At least I've wondered about it. I'm not bashing conservatives who voted for him, but I have always insisted he was in no way a fiscal conservative, not in his first term anyway.
A couple things:
First, I think we (all of us generally) have a tendency to overstate the President's influence on spending. I'm not saying that he has none but the lawsuits seeking to compel Trump to spend money that was appropriated by Congress illustrate that this simply isn't a decision that a President can make on his own.
Second, I see so many political posts (from both sides) that run with this. Democrats typically blame Reagan and Supply Side Economics to which my answer is that the HoR was controlled by Democrats for the entirety of Reagan's tenure and Constitutionally spending measures can ONLY originate in the HoR so to try to hold Reagan solely accountable for spending under his watch is disingenuous at best. Additionally, debt as a percentage of GDP was a little over 30% when Reagan took office in 1981 and a little under 50% when he left office in 1989 and both of those are sustainable.
Then I've seen similar claims from the left that "Clinton balanced the budget", well . . . The debt was a little under 63% of GDP when Clinton was elected in Q4, 1992 and when he took office in Q1, 1993. It continued it's gradual rise and peaked at 65.31% in Q2, 1995 THEN began a slow decline that bottomed out at just over 54% immediately prior to 9/11. Giving Clinton 100% of the credit for debt reduction that didn't start until AFTER the Republicans took over congress in the 1994 election is again, disingenuous at best.
Even after that, the debt "only" grew from just over 54% immediately prior to 9/11 to around 64% right before the 2008 credit bubble crash and recession. It wasn't until then that the debt just got completely out of hand. It spiked to over 73% in Bush's last quarter in office and over 77% in Obama's first. By the end of 2010 it had risen to over 90% then Republicans won the 2010 mid-term elections but unlike 1994-2000 when we had a Democratic President and a Republican Congress, the Debt continued to rise. By the last quarter of Obama's tenure (Q4, 2016) it was up to almost 105% of GDP.

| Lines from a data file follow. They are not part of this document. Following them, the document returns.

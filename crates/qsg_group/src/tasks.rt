//! The unit of work that a task holds.

ghost use Rattle.std.specs.Prelude.{◌≡◌, length};

use qsg_lists::Connection;
use qsg_model::Ops;
use qsg_num::{EntryId, PageNo, UnitName};
use std::marker::Model;

/// An entry that a unit has marked: the one that it put, or the one that it got.
#[derive(Clone, Copy, Debug, PartialEq, Eq)]
pub struct Claim {
    /// The use of the structure in which it was marked.
    pub connection: Connection,
    pub id: EntryId,
    /// Whether its message is persistent, so that the operation is logged.
    pub persistent: bool,
}

/// The entries that a unit has marked, in the order of its operations.
#[derive(Debug, Drop)]
pub struct Claims {
    items: Vec<Claim>,
}

impl Model for Claims {
    ghost use Rattle.std.specs.Prelude.{List};
    ghost use Rattle.qsg_group.specs.declared.tasks.Claim.{Claim};

    ghost Value = { List Claim };

    ghost view = { λ c. c.items.items };
}

impl Claims {
    /// The list that a `Vec` holds. Takes no memory.
    pub fn from_vec(items: Vec<Claim>) -> Claims
        ensures { result ≡ items.items }
    {
        Claims { items }
    }

    /// The `Vec` that holds the list. Takes no memory.
    pub fn into_vec(self) -> Vec<Claim>
        ensures { result.items ≡ self }
    {
        self.items
    }

    /// Its items.
    pub fn as_slice(&self) -> &[Claim]
        ensures { result.now ≡ self.now }
    {
        self.items.as_slice()
    }

    /// How many items it has.
    pub fn len(&self) -> usize
        ensures { result ≡ length self.now }
    {
        self.items.len()
    }
}

/// How far a unit of work has come.
#[derive(Clone, Copy, Debug, PartialEq, Eq)]
pub enum Stage {
    /// It may have further operations.
    Open,
    /// Its run of log pages, from this page on, is being written.
    Hardening(PageNo),
    /// Its run, from this page on, is safe; so many of its marks are settled.
    Committed { first: PageNo, settled: usize },
    /// It is undone; so many of its marks are settled.
    BackedOut { settled: usize },
}

/// What a task holds: the name that it drew, and the unit of work of that name.
#[derive(Debug, Drop)]
pub struct Task {
    /// None until the task draws a name.
    pub unit: Option<UnitName>,
    /// The operations, until the unit is committed or backed out.
    pub ops: Ops,
    /// The marks of the operations.
    pub claims: Claims,
    pub stage: Stage,
}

Getting to your comment about Trump here well, when he took over (Q1 2017) the debt was just under 103% of GDP and in the first quarter of 2020 (immediately prior to COVID) it had "only" grown to just under 107%. That certainly isn't good but 1% annual growth isn't awful either, at least by comparison. In Obama's tenure it grew by about 28% (77% to 105%) in eight years which is 3.5% per year. Not that I'm blaming that entirely on Obama because I'm not. He shouldn't get 100% blame for the increase any more than Clinton should get 100% credit for the decrease.
As I see it, the problem is twofold:
First, every time some calamity comes along we spend a boatload of cash based on Keynesian principles to prop up the economy. The two most recent are the 2008 crash and COVID in 2020:
- Debt as a percentage of GDP rose from ~64% of GDP in Q2, 2008 to ~88% of GDP two years later in Q2, 2010
- Debt as a percentage of GDP rose from ~107% of GDP in Q1, 2020 to ~120% of GDP two years later in Q1, 2022
Those two rapid increases cover the bulk of the increase since the debt was last what I would consider sustainable right before the credit bubble crash. From then to now it grew from ~64% to ~122%, an increase of 58%. 24% of that was credit bubble and 13% was COVID. Cumulatively that is 37%.
The second problem is that Milton Keynes himself suggested that governmental expenditures rise in downturns to stimulate the economy and fall in booms. The second half of that simply hasn't happened at all. The debt shot up for the credit bubble but never got reduced once things got going again and continued to drift upward until COVID then shot up again. Post-COVID it did drop from a high of ~133% but only to a low of ~116% and it has been drifting higher since then.